# Needing some guidance..



## ChristineT (Aug 30, 2018)

Not sure what to do ... 

I have been married to my husband for almost 13 years; and for the past 4+ months I’ve been in a SEXLESS Marriage!! In my head telling myself I’m crazy because who fights over not having sex? Is this something to really be worried about?

Now let me explain our relationship.. 

The first couple of years of our marriage we experienced with the whole “Swingers Lifestyle” - I am a bisexual female (which I told him from the beginning of our relationship) but then I find out he is “bi-curious” - but oral only.. Ok, no big deal I can handle that.. 

The whole swinging thing is amazing!
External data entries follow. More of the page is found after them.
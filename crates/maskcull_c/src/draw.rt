//! Occluder triangles, drawn after all that were drawn before.
ghost use Rattle.std.specs.Prelude.{◌≡◌, ◌≢◌, ℕ, ◌<◌, ◌≤◌, ◌⊎◌, length, map, MatchOption};
ghost use Rattle.std.specs.List.{All};
ghost use Rattle.cull_base.specs.Grade.{top_of};
ghost use Rattle.masked_update.specs.TileOf.{tile_at};
ghost use Rattle.snap_setup.specs.Pieces.{list_of_clips};
ghost use Rattle.maskcull_c.specs.Bands.{Adds, AreMerged, IsBand, first_in};
ghost use Rattle.maskcull_c.specs.Given.{IsAmong, IsSetup, clip_of, pieces_drawn, size_of, tri_of};
ghost use Rattle.maskcull_c.specs.Tiles.{AreAll, AreRows, row_start};
ghost use Rattle.maskcull_c.specs.declared.status.TheConstants.{DONE, BAD_SETUP, BAD_TILES, BAD_INDEX};

use crate::band::draw_piece;
use crate::given::{Checked, Setup, Triangle, Vertex, are_among, clips_of};
use crate::status::{BAD_INDEX, BAD_SETUP, BAD_TILES, DONE};
use cull_base::{Side, Size, TileSpan};
use masked_update::TileState;
use snap_setup::{Pieces, set_up};

// Draws pieces onto the tiles of a window, one after another.
#[inline(always)]
fn draw_pieces(tiles: &mut [TileState], window: TileSpan, pieces: &Pieces, size: Size)
    requires { IsBand size window tiles.old }
    ensures { AreMerged size (first_in size window) pieces.now tiles.old tiles.new }
{
    for k in 0..pieces.len() {
        draw_piece(tiles, window, &pieces.get(k), size);
    }
}

// Draws triangles onto the tiles of a window, one after another.
fn draw_triangles(
    tiles: &mut [TileState],
    window: TileSpan,
    vertices: &[Vertex],
    triangles: &[Triangle],
    checked: &Checked,
)
    requires band { IsBand checked.now.size window tiles.old }
    requires near_least { 1 ≤ checked.now.near }
    requires near_most { checked.now.near ≤ 1024 }
    requires indices { All (IsAmong (length vertices.now)) triangles.now }
    ensures { let c = checked.now in AreMerged c.size (first_in c.size window)
        (list_of_clips (map clip_of vertices.now) (map tri_of triangles.now) (top_of c.grade) c.near c.size c.winding)
        tiles.old tiles.new }
{
    let (near, size) = (checked.near, checked.size);
    let (winding, grade) = (checked.winding, checked.grade);
    for triangle in triangles {
        let clips = clips_of(vertices, triangle);
        let pieces = set_up(&clips, near, size, winding, Side::Occluder, grade);
        draw_pieces(tiles, window, &pieces, size);
    }
}

// Draws triangles onto the tiles of a window if each names vertices that are there.
fn draw_onto(
    checked: &Checked,
    tiles: &mut [TileState],
    window: TileSpan,
    vertices: &[Vertex],
    triangles: &[Triangle],
) -> u32
    requires band { IsBand checked.now.size window tiles.old }
    requires near_least { 1 ≤ checked.now.near }
    requires near_most { checked.now.near ≤ 1024 }
    ensures merged { result ≡ DONE → AreMerged checked.now.size (first_in checked.now.size window)
        (list_of_clips (map clip_of vertices.now) (map tri_of triangles.now) (top_of checked.now.grade)
        checked.now.near checked.now.size checked.now.winding) tiles.old tiles.new }
    ensures counts { (t : ℕ) → t < length tiles.old
        → (tile_at tiles.new t).count ≡ (tile_at tiles.old t).count }
    ensures accepted { All (IsAmong (length vertices.now)) triangles.now → result ≡ DONE }
    ensures bad_index { result ≡ BAD_INDEX → All (IsAmong (length vertices.now)) triangles.now → ⊥ }
    ensures refuses_index { (All (IsAmong (length vertices.now)) triangles.now → ⊥) → result ≡ BAD_INDEX }
    ensures either { (result ≡ DONE) ⊎ ((result ≡ BAD_INDEX) × (tiles.new ≡ tiles.old)) }
{
    if !are_among(triangles, vertices.len()) {
        return BAD_INDEX;
    }
    draw_triangles(tiles, window, vertices, triangles, checked);
    DONE
}

// The window that tiles from a row of the screen's tiles on fill. None where they aren't whole rows in the screen.
pub(crate) fn window_from(size: Size, first_row: u32, tiles: &[TileState]) -> Option<TileSpan>
    ensures { MatchOption result (AreRows size first_row tiles.now → ⊥)
        (λ w. IsBand size w tiles.now × (w.first_row ≡ first_row)) }
{
    let columns = size.tile_columns();
    let rows = tiles.len() / columns as usize;
    let end_row = first_row as usize + rows;
    if tiles.len() % columns as usize != 0 || end_row > size.tile_rows() as usize {
        return None;
    }
    Some(TileSpan {
        first_column: 0,
        end_column: columns,
        first_row,
        end_row: end_row as u32,
    })
}

/// Draws triangles onto all tiles of the screen: 0 where all was drawn, else why nothing was.
#[unsafe(no_mangle)]
pub extern "C" fn maskcull_draw(
    setup: &Setup,
    tiles: &mut [TileState],
    vertices: &[Vertex],
    triangles: &[Triangle],
) -> u32
    ensures drawn { result ≡ DONE → Adds (size_of setup.now) 0
        (pieces_drawn setup.now vertices.now triangles.now) tiles.old tiles.new }
    ensures merged { result ≡ DONE → AreMerged (size_of setup.now) 0
        (pieces_drawn setup.now vertices.now triangles.now) tiles.old tiles.new }
    ensures counts { (t : ℕ) → t < length tiles.old
        → (tile_at tiles.new t).count ≡ (tile_at tiles.old t).count }
    ensures accepted { IsSetup setup.now → AreAll (size_of setup.now) tiles.old
        → All (IsAmong (length vertices.now)) triangles.now → result ≡ DONE }
    ensures bad_setup { result ≡ BAD_SETUP → IsSetup setup.now → ⊥ }
    ensures bad_tiles { result ≡ BAD_TILES → AreAll (size_of setup.now) tiles.old → ⊥ }
    ensures bad_index { result ≡ BAD_INDEX → All (IsAmong (length vertices.now)) triangles.now → ⊥ }
    ensures refuses_setup { (IsSetup setup.now → ⊥) → result ≡ BAD_SETUP }
    ensures refuses_tiles { IsSetup setup.now → (AreAll (size_of setup.now) tiles.old → ⊥) → result ≡ BAD_TILES }
    ensures refuses_index { IsSetup setup.now → AreAll (size_of setup.now) tiles.old
        → (All (IsAmong (length vertices.now)) triangles.now → ⊥) → result ≡ BAD_INDEX }
    ensures most { result ≤ BAD_INDEX }
    ensures refused { result ≢ DONE → tiles.new ≡ tiles.old }
{
    let Some(checked) = setup.checked() else {
        return BAD_SETUP;
    };
    if tiles.len() != checked.size.tile_count() as usize {
        return BAD_TILES;
    }
    let window = TileSpan::whole(checked.size);
    draw_onto(&checked, tiles, window, vertices, triangles)
}

/// The same onto some rows of the screen's tiles, from row first_row on. Calls on tiles that don't overlap may run at the
/// same time, and what they draw together is what one call draws (`bands_join`).
#[unsafe(no_mangle)]
pub extern "C" fn maskcull_draw_band(
    setup: &Setup,
    tiles: &mut [TileState],
    first_row: u32,
    vertices: &[Vertex],
    triangles: &[Triangle],
) -> u32
    ensures drawn { result ≡ DONE → Adds (size_of setup.now) (row_start (size_of setup.now) first_row)
        (pieces_drawn setup.now vertices.now triangles.now) tiles.old tiles.new }
    ensures merged { result ≡ DONE → AreMerged (size_of setup.now) (row_start (size_of setup.now) first_row)
        (pieces_drawn setup.now vertices.now triangles.now) tiles.old tiles.new }
    ensures counts { (t : ℕ) → t < length tiles.old
        → (tile_at tiles.new t).count ≡ (tile_at tiles.old t).count }
    ensures accepted { IsSetup setup.now → AreRows (size_of setup.now) first_row tiles.old
        → All (IsAmong (length vertices.now)) triangles.now → result ≡ DONE }
    ensures bad_setup { result ≡ BAD_SETUP → IsSetup setup.now → ⊥ }
    ensures bad_tiles { result ≡ BAD_TILES → AreRows (size_of setup.now) first_row tiles.old → ⊥ }
    ensures bad_index { result ≡ BAD_INDEX → All (IsAmong (length vertices.now)) triangles.now → ⊥ }
    ensures refuses_setup { (IsSetup setup.now → ⊥) → result ≡ BAD_SETUP }
    ensures refuses_tiles { IsSetup setup.now → (AreRows (size_of setup.now) first_row tiles.old → ⊥)
        → result ≡ BAD_TILES }
    ensures refuses_index { IsSetup setup.now → AreRows (size_of setup.now) first_row tiles.old
        → (All (IsAmong (length vertices.now)) triangles.now → ⊥) → result ≡ BAD_INDEX }
    ensures most { result ≤ BAD_INDEX }
    ensures refused { result ≢ DONE → tiles.new ≡ tiles.old }
{
    let Some(checked) = setup.checked() else {
        return BAD_SETUP;
    };
    let Some(window) = window_from(checked.size, first_row, tiles) else {
        return BAD_TILES;
    };
    draw_onto(&checked, tiles, window, vertices, triangles)
}
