//! Rectangles, boxes and meshes, tested against what tiles hold.
ghost use Rattle.std.specs.Prelude.{◌≡◌, ◌≤◌, ◌↔◌, IsTrue, length, map};
ghost use Rattle.std.specs.List.{All};
ghost use Rattle.cull_base.specs.Grade.{top_of};
ghost use Rattle.rect_query.specs.Boxes.{box_shape};
ghost use Rattle.rect_query.specs.Rectangles.{rectangle_shape};
ghost use Rattle.maskcull_c.specs.Asked.{shape_of_area, shape_of_box, shape_of_mesh, verdict_over};
ghost use Rattle.maskcull_c.specs.Given.{IsAmong, IsSetup, clip_of, size_of};
ghost use Rattle.maskcull_c.specs.Tiles.{AreAll, Hides, IsAnswer, code_of};
ghost use Rattle.maskcull_c.specs.declared.status.TheConstants.{BAD_SETUP, BAD_TILES, BAD_INDEX, VISIBLE, OUTSIDE};

use crate::given::{Area, Corners, Setup, Triangle, Vertex, are_among};
use crate::mesh::mesh_verdict;
use crate::status::{BAD_INDEX, BAD_SETUP, BAD_TILES, OCCLUDED, OUTSIDE, VISIBLE};
use cull_base::{ClipVertex, Grade, Rect, Size, Verdict};
use masked_update::{PlainView, TileState};
use rect_query::{BoxAnswer, box_rect, rect_near, rect_test};

// The number of a verdict.
pub(crate) fn code(verdict: Verdict) -> u32
    ensures value { result ≡ code_of verdict }
    ensures least { VISIBLE ≤ result }
    ensures most { result ≤ OUTSIDE }
{
    match verdict {
        Verdict::Visible => VISIBLE,
        Verdict::Occluded => OCCLUDED,
        Verdict::Outside => OUTSIDE,
    }
}

// Whether there are as many tiles as the screen has.
pub(crate) fn are_all(tiles: &[TileState], size: Size) -> bool
    ensures { IsTrue result ↔ AreAll size tiles.now }
{
    tiles.len() == size.tile_count() as usize
}

// A rectangle at distance w: visible before the near distance where it has a pixel in the screen.
fn rectangle_verdict(
    tiles: &[TileState],
    size: Size,
    near: u16,
    rect: Rect,
    w: i32,
    grade: Grade,
) -> Verdict
    requires least { 1 ≤ near }
    requires most { near ≤ 1024 }
    requires all { AreAll size tiles.now }
    ensures { result ≡ verdict_over size tiles.now (rectangle_shape (top_of grade) near size rect w) }
{
    match rect_near(w, near, grade) {
        Some(q) => rect_test(&PlainView::new(tiles), size, rect, q),
        None => if rect.meets(&size.screen()) {
            Verdict::Visible
        } else {
            Verdict::Outside
        },
    }
}

// The corners of a box as clip vertices.
fn clips(corners: &Corners) -> [ClipVertex; 8]
    ensures { result ≡ map clip_of corners.now.corners }
{
    let [a, b, c, d, e, f, g, h] = &corners.corners;
    [
        a.clip(),
        b.clip(),
        c.clip(),
        d.clip(),
        e.clip(),
        f.clip(),
        g.clip(),
        h.clip(),
    ]
}

// A box, by its eight corners.
fn box_verdict(
    tiles: &[TileState],
    size: Size,
    near: u16,
    corners: &Corners,
    grade: Grade,
) -> Verdict
    requires least { 1 ≤ near }
    requires most { near ≤ 1024 }
    requires all { AreAll size tiles.now }
    ensures { result ≡ verdict_over size tiles.now
        (box_shape (top_of grade) near size (map clip_of corners.now.corners)) }
{
    match box_rect(&clips(corners), near, size, grade) {
        BoxAnswer::Outside => Verdict::Outside,
        BoxAnswer::Straddles => Verdict::Visible,
        BoxAnswer::At { rect, q } => rect_test(&PlainView::new(tiles), size, rect, q),
    }
}

/// Tests the pixels from (x0, y0) to before (x1, y1) at distance w: occluded where each in the screen is hidden at its
/// sample, outside where none is in the screen, else visible.
#[unsafe(no_mangle)]
pub extern "C" fn maskcull_test(setup: &Setup, tiles: &[TileState], area: &Area, w: i32) -> u32
    ensures value { IsSetup setup.now → AreAll (size_of setup.now) tiles.now
        → result ≡ code_of (verdict_over (size_of setup.now) tiles.now (shape_of_area setup.now area.now w)) }
    ensures hides { Hides (size_of setup.now) tiles.now (shape_of_area setup.now area.now w) result }
    ensures bad_setup { result ≡ BAD_SETUP → IsSetup setup.now → ⊥ }
    ensures bad_tiles { result ≡ BAD_TILES → AreAll (size_of setup.now) tiles.now → ⊥ }
    ensures refuses_setup { (IsSetup setup.now → ⊥) → result ≡ BAD_SETUP }
    ensures refuses_tiles { IsSetup setup.now → (AreAll (size_of setup.now) tiles.now → ⊥) → result ≡ BAD_TILES }
    ensures known { IsAnswer 2 result }
{
    let Some(checked) = setup.checked() else {
        return BAD_SETUP;
    };
    if !are_all(tiles, checked.size) {
        return BAD_TILES;
    }
    code(rectangle_verdict(
        tiles,
        checked.size,
        checked.near,
        area.rect(),
        w,
        checked.grade,
    ))
}

/// Tests a box by the clip vertices of its corners, as a rectangle around them that is as near as the nearest: visible
/// where it straddles the near plane or the guard, outside where all of it is behind the near plane.
#[unsafe(no_mangle)]
pub extern "C" fn maskcull_test_box(setup: &Setup, tiles: &[TileState], corners: &Corners) -> u32
    ensures value { IsSetup setup.now → AreAll (size_of setup.now) tiles.now
        → result ≡ code_of (verdict_over (size_of setup.now) tiles.now (shape_of_box setup.now corners.now)) }
    ensures hides { Hides (size_of setup.now) tiles.now (shape_of_box setup.now corners.now) result }
    ensures bad_setup { result ≡ BAD_SETUP → IsSetup setup.now → ⊥ }
    ensures bad_tiles { result ≡ BAD_TILES → AreAll (size_of setup.now) tiles.now → ⊥ }
    ensures refuses_setup { (IsSetup setup.now → ⊥) → result ≡ BAD_SETUP }
    ensures refuses_tiles { IsSetup setup.now → (AreAll (size_of setup.now) tiles.now → ⊥) → result ≡ BAD_TILES }
    ensures known { IsAnswer 2 result }
{
    let Some(checked) = setup.checked() else {
        return BAD_SETUP;
    };
    if !are_all(tiles, checked.size) {
        return BAD_TILES;
    }
    code(box_verdict(tiles, checked.size, checked.near, corners, checked.grade))
}

/// Tests a mesh by its triangles, which are taken from both sides: visible where a vertex is past the guard, outside
/// where there is no triangle or all are behind the near plane.
#[unsafe(no_mangle)]
pub extern "C" fn maskcull_test_mesh(
    setup: &Setup,
    tiles: &[TileState],
    vertices: &[Vertex],
    triangles: &[Triangle],
) -> u32
    ensures value { IsSetup setup.now → AreAll (size_of setup.now) tiles.now
        → All (IsAmong (length vertices.now)) triangles.now → result ≡ code_of
        (verdict_over (size_of setup.now) tiles.now (shape_of_mesh setup.now vertices.now triangles.now)) }
    ensures hides { Hides (size_of setup.now) tiles.now
        (shape_of_mesh setup.now vertices.now triangles.now) result }
    ensures bad_setup { result ≡ BAD_SETUP → IsSetup setup.now → ⊥ }
    ensures bad_tiles { result ≡ BAD_TILES → AreAll (size_of setup.now) tiles.now → ⊥ }
    ensures bad_index { result ≡ BAD_INDEX → All (IsAmong (length vertices.now)) triangles.now → ⊥ }
    ensures refuses_setup { (IsSetup setup.now → ⊥) → result ≡ BAD_SETUP }
    ensures refuses_tiles { IsSetup setup.now → (AreAll (size_of setup.now) tiles.now → ⊥) → result ≡ BAD_TILES }
    ensures refuses_index { IsSetup setup.now → AreAll (size_of setup.now) tiles.now
        → (All (IsAmong (length vertices.now)) triangles.now → ⊥) → result ≡ BAD_INDEX }
    ensures known { IsAnswer 3 result }
{
    let Some(checked) = setup.checked() else {
        return BAD_SETUP;
    };
    if !are_all(tiles, checked.size) {
        return BAD_TILES;
    }
    if !are_among(triangles, vertices.len()) {
        return BAD_INDEX;
    }
    code(mesh_verdict(
        tiles,
        checked.size,
        checked.near,
        vertices,
        triangles,
        checked.grade,
    ))
}
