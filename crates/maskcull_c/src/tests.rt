//! A quad over the whole screen, refusals, rows of tiles drawn one after another or with lists of their own, counts.
use super::*;
use masked_update::{SubTile, TileState};
use std::process::Abort;
use std::test::Fail;

/// One tile.
pub const SETUP: Setup = Setup {
    width: 32,
    height: 8,
    near: 1,
    winding: 0,
};

/// Two tiles side by side, in two rows.
pub const FOUR_TILES: Setup = Setup {
    width: 64,
    height: 16,
    near: 1,
    winding: 0,
};

/// The corners of the screen at distance 2, and a point farther off.
pub const VERTICES: [Vertex; 5] = [
    Vertex { x: -2, y: 2, w: 2 },
    Vertex { x: 2, y: 2, w: 2 },
    Vertex { x: 2, y: -2, w: 2 },
    Vertex { x: -2, y: -2, w: 2 },
    Vertex { x: 1, y: -3, w: 4 },
];

pub const QUAD: [Triangle; 2] = [Triangle { a: 0, b: 1, c: 2 }, Triangle { a: 0, b: 2, c: 3 }];

// The corners of the screen at distance 4.
const FARTHER: [Vertex; 4] = [
    Vertex { x: -4, y: 4, w: 4 },
    Vertex { x: 4, y: 4, w: 4 },
    Vertex { x: 4, y: -4, w: 4 },
    Vertex { x: -4, y: -4, w: 4 },
];

const SLANTED: [Triangle; 2] = [Triangle { a: 0, b: 1, c: 4 }, Triangle { a: 0, b: 2, c: 3 }];

/// The layers of a subtile.
pub fn held(tiles: &[TileState], tile: usize, subtile: u32) -> (u32, u32, u32) {
    let state = maskcull_subtile(tiles, tile, subtile);
    (state.reference, state.working, state.mask)
}

/// A screen's four tiles hold the same as others.
pub fn assert_alike(rt: &impl Abort, tiles: &[TileState], others: &[TileState]) {
    for tile in 0..4 {
        for subtile in 0..8 {
            let (one, other) = (held(tiles, tile, subtile), held(others, tile, subtile));
            assert_eq!(rt; one, other, "tile {tile}, subtile {subtile}");
        }
    }
}

/// A rectangle of pixels.
pub fn area(x0: i32, y0: i32, x1: i32, y1: i32) -> Area {
    Area { x0, y0, x1, y1 }
}

#[test]
fn a_quad_over_the_screen_hides_what_is_behind_it(rt: HostRuntime) -> Result<(), Fail> {
    let mut tiles = [TileState::empty(); 1];
    assert_eq!(rt; maskcull_tile_count(32, 8), 1);
    assert_eq!(rt; maskcull_draw(&SETUP, &mut tiles, &VERTICES, &QUAD), DONE);
    for subtile in 0..8 {
        // half of the greatest nearness, rounded down
        assert_eq!(rt; held(&tiles, 0, subtile), (32767, 0, 0), "{subtile}");
    }
    assert_eq!(rt; held(&tiles, 1, 0), (0, 0, 0));
    let screen = area(0, 0, 32, 8);
    assert_eq!(rt; maskcull_test(&SETUP, &tiles, &screen, 3), OCCLUDED);
    assert_eq!(rt; maskcull_test(&SETUP, &tiles, &screen, 2), VISIBLE);
    maskcull_clear(&mut tiles);
    assert_eq!(rt; maskcull_test(&SETUP, &tiles, &screen, 3), VISIBLE);
    for subtile in 0..8 {
        assert_eq!(rt; held(&tiles, 0, subtile), (0, 0, 0), "subtile {subtile}");
    }
    Ok(())
}

/// A setup of these numbers.
pub fn setup(width: u32, height: u32, near: u32, winding: u32) -> Setup {
    Setup {
        width,
        height,
        near,
        winding,
    }
}

#[test]
fn a_refusal_leaves_the_tiles(rt: HostRuntime) -> Result<(), Fail> {
    let mut tiles = [TileState::empty(); 1];
    // the upper right half of the screen
    assert_eq!(rt;
        maskcull_draw(&SETUP, &mut tiles, &VERTICES, &QUAD[..1]),
        DONE
    );
    let beyond = [Triangle { a: 0, b: 2, c: 3 }, Triangle { a: 0, b: 5, c: 3 }];
    let cases = [
        (setup(36, 8, 1, 0), QUAD, BAD_SETUP),
        (setup(32, 2052, 1, 0), QUAD, BAD_SETUP),
        (setup(32, 8, 0, 0), QUAD, BAD_SETUP),
        (setup(32, 8, 1, 3), QUAD, BAD_SETUP),
        (setup(32, 8, 1, 15), QUAD, BAD_SETUP),
        (setup(32, 8, 1, 19), QUAD, BAD_SETUP),
        (setup(32, 8, 1, 32), QUAD, BAD_SETUP),
        (setup(32, 16, 1, 0), QUAD, BAD_TILES),
        (setup(32, 8, 1, 0), beyond, BAD_INDEX),
    ];
    for (setup, triangles, status) in cases {
        assert_eq!(rt;
            maskcull_draw(&setup, &mut tiles, &VERTICES, &triangles),
            status
        );
        assert_eq!(rt; held(&tiles, 0, 3), (32767, 0, 0));
        assert_eq!(rt; held(&tiles, 0, 4), (0, 0, 0));
    }
    assert_eq!(rt;
        maskcull_draw_band(&SETUP, &mut tiles, 1, &VERTICES, &QUAD),
        BAD_TILES
    );
    assert_eq!(rt;
        maskcull_draw_band(&FOUR_TILES, &mut tiles, 0, &VERTICES, &QUAD),
        BAD_TILES
    );
    assert_eq!(rt; held(&tiles, 0, 4), (0, 0, 0));
    Ok(())
}

#[test]
fn rows_of_tiles_make_the_screen(rt: HostRuntime) -> Result<(), Fail> {
    let mut whole = [TileState::empty(); 4];
    assert_eq!(rt;
        maskcull_draw(&FOUR_TILES, &mut whole, &VERTICES, &SLANTED),
        DONE
    );
    let mut rows = [TileState::empty(); 4];
    let (upper, lower) = rows.split_at_mut(2);
    assert_eq!(rt;
        maskcull_draw_band(&FOUR_TILES, lower, 1, &VERTICES, &SLANTED),
        DONE
    );
    assert_eq!(rt;
        maskcull_draw_band(&FOUR_TILES, upper, 0, &VERTICES, &SLANTED),
        DONE
    );
    bands_join();
    assert_alike(&rt, &rows, &whole);
    Ok(())
}

#[test]
fn each_row_hides_by_what_was_drawn_onto_it(rt: HostRuntime) -> Result<(), Fail> {
    let (upper, lower) = (area(0, 0, 64, 8), area(0, 8, 64, 16));
    let mut tiles = [TileState::empty(); 4];
    assert_eq!(rt;
        maskcull_draw(&FOUR_TILES, &mut tiles, &VERTICES, &QUAD),
        DONE
    );
    assert_eq!(rt; maskcull_test(&FOUR_TILES, &tiles, &lower, 3), OCCLUDED);
    let (_, second_row) = tiles.split_at_mut(2);
    maskcull_clear(second_row);
    part_cleared();
    assert_eq!(rt; maskcull_test(&FOUR_TILES, &tiles, &upper, 3), OCCLUDED);
    assert_eq!(rt; maskcull_test(&FOUR_TILES, &tiles, &lower, 5), VISIBLE);
    let (_, second_row) = tiles.split_at_mut(2);
    assert_eq!(rt;
        maskcull_draw_band(&FOUR_TILES, second_row, 1, &FARTHER, &QUAD),
        DONE
    );
    after_is_sound();
    assert_eq!(rt; maskcull_test(&FOUR_TILES, &tiles, &upper, 3), OCCLUDED);
    assert_eq!(rt; maskcull_test(&FOUR_TILES, &tiles, &lower, 3), VISIBLE);
    assert_eq!(rt; maskcull_test(&FOUR_TILES, &tiles, &lower, 5), OCCLUDED);
    // and all rows again
    assert_eq!(rt;
        maskcull_draw(&FOUR_TILES, &mut tiles, &VERTICES, &QUAD),
        DONE
    );
    assert_eq!(rt; maskcull_test(&FOUR_TILES, &tiles, &lower, 3), OCCLUDED);
    Ok(())
}

#[test]
fn a_draw_leaves_the_count(rt: HostRuntime) -> Result<(), Fail> {
    let mut tiles = [TileState::of([SubTile::empty(); 8], 7); 1];
    assert_eq!(rt; maskcull_draw(&SETUP, &mut tiles, &VERTICES, &QUAD), DONE);
    assert_eq!(rt; held(&tiles, 0, 0), (32767, 0, 0));
    assert_eq!(rt;
        maskcull_draw_band(&SETUP, &mut tiles, 0, &VERTICES, &QUAD),
        DONE
    );
    for tile in &tiles {
        assert_eq!(rt; tile.count(), 7);
    }
    maskcull_clear(&mut tiles);
    for tile in &tiles {
        assert_eq!(rt; tile.count(), 0);
    }
    Ok(())
}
We have lots of fun and I even felt so much closer to my husband! We were open about everything - we were each other’s ride or die basically! 

Fast forward a bit - Present day, he has had 10 hernia repair surgeries due to complications from the mesh they used.. Also, I (Wife) feel like I’m in my “prime“ and I want to have sex ALL THE TIME!! I can’t help this, I can’t stop it - it’s just my sex drive is insane! (I had a partial hysterectomy at 22 - so present day it’s been 11 years with NO period and can’t get pregnant) 

Now, remember the past 4+ months there has been NO Sex, NO intimacy, NO nothing - he would much rather watch gay porn and masterbate in the shower than to have sex with his wife! Finally, I feel like I need to ask him - Are you gay? Well his response is below: 











After breaking down - I re-read this and honestly feel like this is a bull**** excuse and he isn’t really telling me the truth.. 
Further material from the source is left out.